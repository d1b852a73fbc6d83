//! The step of a Load and of a Store: each function does the event of one place.
ghost use Rattle.std.specs.Prelude.{◌≡◌, ◌≢◌, ◌<◌};
ghost use Rattle.hk_words.specs.Geometry.{tasks};
ghost use Rattle.hk_words.specs.declared.call.Call.TheVariants.{Load, Store};
ghost use Rattle.hk_core.specs.Event.{fired_if, learnt};
ghost use Rattle.hk_core.specs.State.{flight_of};
ghost use Rattle.hk_core.specs.Step as table;
ghost use Rattle.hk_core.specs.Step.{claims};
ghost use Rattle.hk_core.specs.Fits.{NamesNumber};
ghost use Rattle.hk_core.specs.AtCall.{next_in, answer_in, FitsIn, FiresIn, passed, Passes, to_place, claiming, reserving};
ghost use Rattle.hk_core.specs.declared.outcome.Step.TheVariants.{Going};

use crate::whole_links::link_at;
use crate::{Core, Event, Outcome, Step, reference_size, reserved_fits};
use hk_words::{Reply, reference_number, w0_cycle};

impl Core {
    /// Does the next place of a Load.
    #[tactic(auto, unfolding(crate::specs::Step::event_at, crate::specs::Step::took_at, crate::specs::Step::load_event, crate::specs::Step::load_took, crate::specs::Step::load_w0, crate::specs::Step::read_cell, crate::specs::NewRows::asked_row, crate::specs::NewRows::asked_word, crate::specs::State::flight_of, crate::specs::Event::fired_if, crate::specs::Event::learnt))]
    pub(crate) fn load_step(&mut self, seat: u8, dest: u8, reg: u8, field: u8) -> Step
        requires seat { seat < tasks self.old.geometry }
        requires own { (flight_of self.old.flights seat).seat < tasks self.old.geometry }
        requires fits { FitsIn self.old seat (Load dest reg field) }
        requires fires { FiresIn self.old seat (Load dest reg field) }
        ensures next { self.new ≡ next_in self.old seat (Load dest reg field) }
        ensures step { result ≡ answer_in self.old seat (Load dest reg field) }
    {
        match self.place(seat) {
            1 => self.enter_frame(seat, 2),
            2 => self.enter_object(seat, 3),
            3 => {
                let word = self.ask();
                let flight = &mut self.flights[seat as usize];
                flight.word = word;
                flight.place = 4;
                Step::Going
            },
            4 => {
                let cell = self.space_at(self.flights[seat as usize].reference_cell(field));
                let item = self.fire(Event::Load(cell));
                let flight = &mut self.flights[seat as usize];
                flight.item = item;
                flight.place = 5;
                Step::Going
            },
            5 => self.claim(seat, 6),
            6 => self.reserve(seat, 7),
            7 => self.link(seat, 8),
            8 => self.write_item(seat, dest, 9),
            9 => self.leave_object(seat, 10),
            10 => self.end_framed(seat, Outcome::Done(Reply::Unit)),
            _ => Step::Going,
        }
    }

    /// Does the next place of a Store.
    #[tactic(auto, unfolding(crate::specs::Step::event_at, crate::specs::Step::took_at, crate::specs::Step::store_event, crate::specs::Step::store_took, crate::specs::Step::write_cell, crate::specs::LinkRows::seen_row, crate::specs::LinkRows::seen_word, crate::specs::State::flight_of, crate::specs::Event::fired_if, crate::specs::Event::learnt))]
    pub(crate) fn store_step(&mut self, seat: u8, reg: u8, field: u8, from: u8) -> Step
        requires seat { seat < tasks self.old.geometry }
        requires fits { FitsIn self.old seat (Store reg field from) }
        requires fires { FiresIn self.old seat (Store reg field from) }
        ensures next { self.new ≡ next_in self.old seat (Store reg field from) }
        ensures step { result ≡ answer_in self.old seat (Store reg field from) }
    {
        match self.place(seat) {
            1 => self.enter_object(seat, 2),
            2 => {
                let item = self.flights[seat as usize].item;
                let word = self.cycle_for(item);
                let flight = &mut self.flights[seat as usize];
                flight.word = word;
                flight.place = 3;
                Step::Going
            },
            3 => self.claim(seat, 4),
            4 => self.reserve(seat, 5),
            5 => self.link(seat, 6),
            6 => {
                let flight = &self.flights[seat as usize];
                let item = flight.item;
                let cell = self.space_at(flight.reference_cell(field));
                self.fire(Event::Write(cell, item));
                self.move_on(seat, 7)
            },
            7 => self.end_inside(seat, Outcome::Done(Reply::Unit)),
            _ => Step::Going,
        }
    }

    /// Claims the object that the seat's call holds, unless it holds null. The call goes on to a place.
    #[tactic(auto, unfolding(crate::specs::State::flight_of))]
    fn claim(&mut self, seat: u8, place: u8) -> Step
        requires seat { seat < tasks self.old.geometry }
        requires number { (flight_of self.old.flights seat).item ≢ 0 → NamesNumber self.old.geometry (flight_of self.old.flights seat).item }
        requires fires { Passes self.old seat table.claim }
        ensures next { self.new ≡ passed self.old seat table.claim (claiming place) }
        ensures step { result ≡ Going }
    {
        let claimer = self.claim_first(seat);
        let flight = &mut self.flights[seat as usize];
        flight.claimer = claimer;
        flight.place = place;
        Step::Going
    }

    /// Claims the object that the seat's call holds, unless it holds null. It is the first to claim it.
    #[tactic(auto, unfolding(crate::specs::Step::claim, crate::specs::State::flight_of, crate::specs::Event::fired_if, crate::specs::Event::learnt))]
    fn claim_first(&mut self, seat: u8) -> bool
        requires seat { seat < tasks self.old.geometry }
        requires number { (flight_of self.old.flights seat).item ≢ 0 → NamesNumber self.old.geometry (flight_of self.old.flights seat).item }
        requires fires { Passes self.old seat table.claim }
        ensures row { self.new ≡ record self.old { row = fired_if self.old.row (table.claim self.old.geometry (flight_of self.old.flights seat)) } }
        ensures first { result ≡ claims (flight_of self.old.flights seat) (learnt self.old.row (table.claim self.old.geometry (flight_of self.old.flights seat))) }
    {
        let flight = &self.flights[seat as usize];
        let item = flight.item;
        if item == 0 {
            return false;
        }
        let cycle = u64::from(w0_cycle(flight.word));
        let word = self.mark_at(reference_number(item));
        let mark = self.fire(Event::Max(word, cycle));
        mark < cycle
    }

    /// Reserves a place for the object that the seat's call holds, where it was the first to claim it. The call goes on to a
    /// place.
    #[tactic(auto, unfolding(crate::specs::State::flight_of))]
    fn reserve(&mut self, seat: u8, place: u8) -> Step
        requires seat { seat < tasks self.old.geometry }
        requires fires { Passes self.old seat table.reserve }
        ensures next { self.new ≡ passed self.old seat table.reserve (reserving place) }
        ensures step { result ≡ Going }
    {
        let offset = self.reserve_offset(seat);
        let flight = &mut self.flights[seat as usize];
        flight.offset = offset;
        flight.place = place;
        Step::Going
    }

    /// Reserves a place for the object that the seat's call holds, where it was the first to claim it. The offset of the place,
    /// and 0 where it wasn't the first.
    #[tactic(auto, unfolding(crate::specs::Step::reserve, crate::specs::State::flight_of, crate::specs::Event::fired_if, crate::specs::Event::learnt))]
    fn reserve_offset(&mut self, seat: u8) -> u64
        requires seat { seat < tasks self.old.geometry }
        requires fires { Passes self.old seat table.reserve }
        ensures row { self.new ≡ record self.old { row = fired_if self.old.row (table.reserve self.old.geometry (flight_of self.old.flights seat)) } }
        ensures offset { result ≡ learnt self.old.row (table.reserve self.old.geometry (flight_of self.old.flights seat)) }
    {
        let flight = &self.flights[seat as usize];
        if !flight.claimer {
            return 0;
        }
        let size = u64::from(reference_size(flight.item));
        let reserved = self.geometry.w1_at();
        self.fire(Event::Add(reserved, size))
    }

    /// Links the object that the seat's call holds, where a place was reserved for it and fits. The call goes on to a place.
    #[tactic(auto, unfolding(crate::specs::Step::link, crate::specs::State::flight_of, crate::specs::Event::fired_if))]
    fn link(&mut self, seat: u8, place: u8) -> Step
        requires seat { seat < tasks self.old.geometry }
        requires fires { Passes self.old seat table.link }
        ensures next { self.new ≡ passed self.old seat table.link (to_place place) }
        ensures step { result ≡ Going }
    {
        let g = self.geometry;
        let flight = &self.flights[seat as usize];
        let item = flight.item;
        let offset = flight.offset;
        if !flight.claimer || !reserved_fits(&g, offset, item) {
            return self.move_on(seat, place);
        }
        let word = link_at(&g, w0_cycle(flight.word), offset as u32);
        self.fire(Event::Write(word, item));
        self.move_on(seat, place)
    }
}
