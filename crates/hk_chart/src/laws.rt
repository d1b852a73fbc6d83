//! Laws of what is drawn. These functions take no time; their clauses are the laws.
ghost use Rattle.hk_chart.specs.Runs.{RunsAreWhole};

/// Where a trace comes to a picture, each rectangle has ticks of its own lane alone, each tick that is to be drawn lies in a
/// rectangle of its lane, no two rectangles share a tick, and two that touch are of two lanes. So a run of equal ticks is one
/// rectangle.
pub fn runs_are_whole()
    ensures { RunsAreWhole }
{}
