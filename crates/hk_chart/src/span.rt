//! Which ticks a picture spans.
ghost use Rattle.std.specs.Prelude.{◌≡◌, ◌<◌, ◌≤◌, ◌^◌};
ghost use Rattle.hk_chart.specs.Drawing.{span_of};

use crate::window::Window;

/// So many ticks, from the first one on.
#[derive(Clone, Copy, Debug)]
pub struct Span {
    pub first: u64,
    pub ticks: u64,
}

impl Span {
    /// The ticks of a window that a run of so many has, and one at least.
    pub fn of(window: Window, ticks: u32) -> Span
        ensures value { result ≡ span_of window ticks }
        ensures first { result.first < 2 ^ 32 }
        ensures ticks { result.ticks ≤ 2 ^ 32 }
        ensures some { 0 < result.ticks }
    {
        let first = u64::from(window.first);
        let end = (u64::from(window.last) + 1).min(u64::from(ticks));
        Span {
            first,
            ticks: end.saturating_sub(first).max(1),
        }
    }
}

• **TASK STATEMENT**:
In the listing above, transcribe exactly everything from the line containing "flight.claimer = claimer;" down to the line containing "let mark = self.fire(Event::Max(word, cycle));", including both and nothing more.

• **SOLUTION FOR THIS EXERCISE**:
        flight.claimer = claimer;
        flight.place = place;
        Step::Going
    }

    /// Claims the object that the seat's call holds, unless it holds null. It is the first to claim it.
    #[tactic(auto, unfolding(crate::specs::Step::claim, crate::specs::State::flight_of, crate::specs::Event::fired_if, crate::specs::Event::learnt))]
    fn claim_first(&mut self, seat: u8) -> bool
        requires seat { seat < tasks self.old.geometry }
        requires number { (flight_of self.old.flights seat).item ≢ 0 → NamesNumber self.old.geometry (flight_of self.old.flights seat).item }
        requires fires { Passes self.old seat table.claim }
        ensures row { self.new ≡ record self.old { row = fired_if self.old.row (table.claim self.old.geometry (flight_of self.old.flights seat)) } }
        ensures first { result ≡ claims (flight_of self.old.flights seat) (learnt self.old.row (table.claim self.old.geometry (flight_of self.old.flights seat))) }
    {
        let flight = &self.flights[seat as usize];
        let item = flight.item;
        if item == 0 {
            return false;
        }
        let cycle = u64::from(w0_cycle(flight.word));
        let word = self.mark_at(reference_number(item));
        let mark = self.fire(Event::Max(word, cycle));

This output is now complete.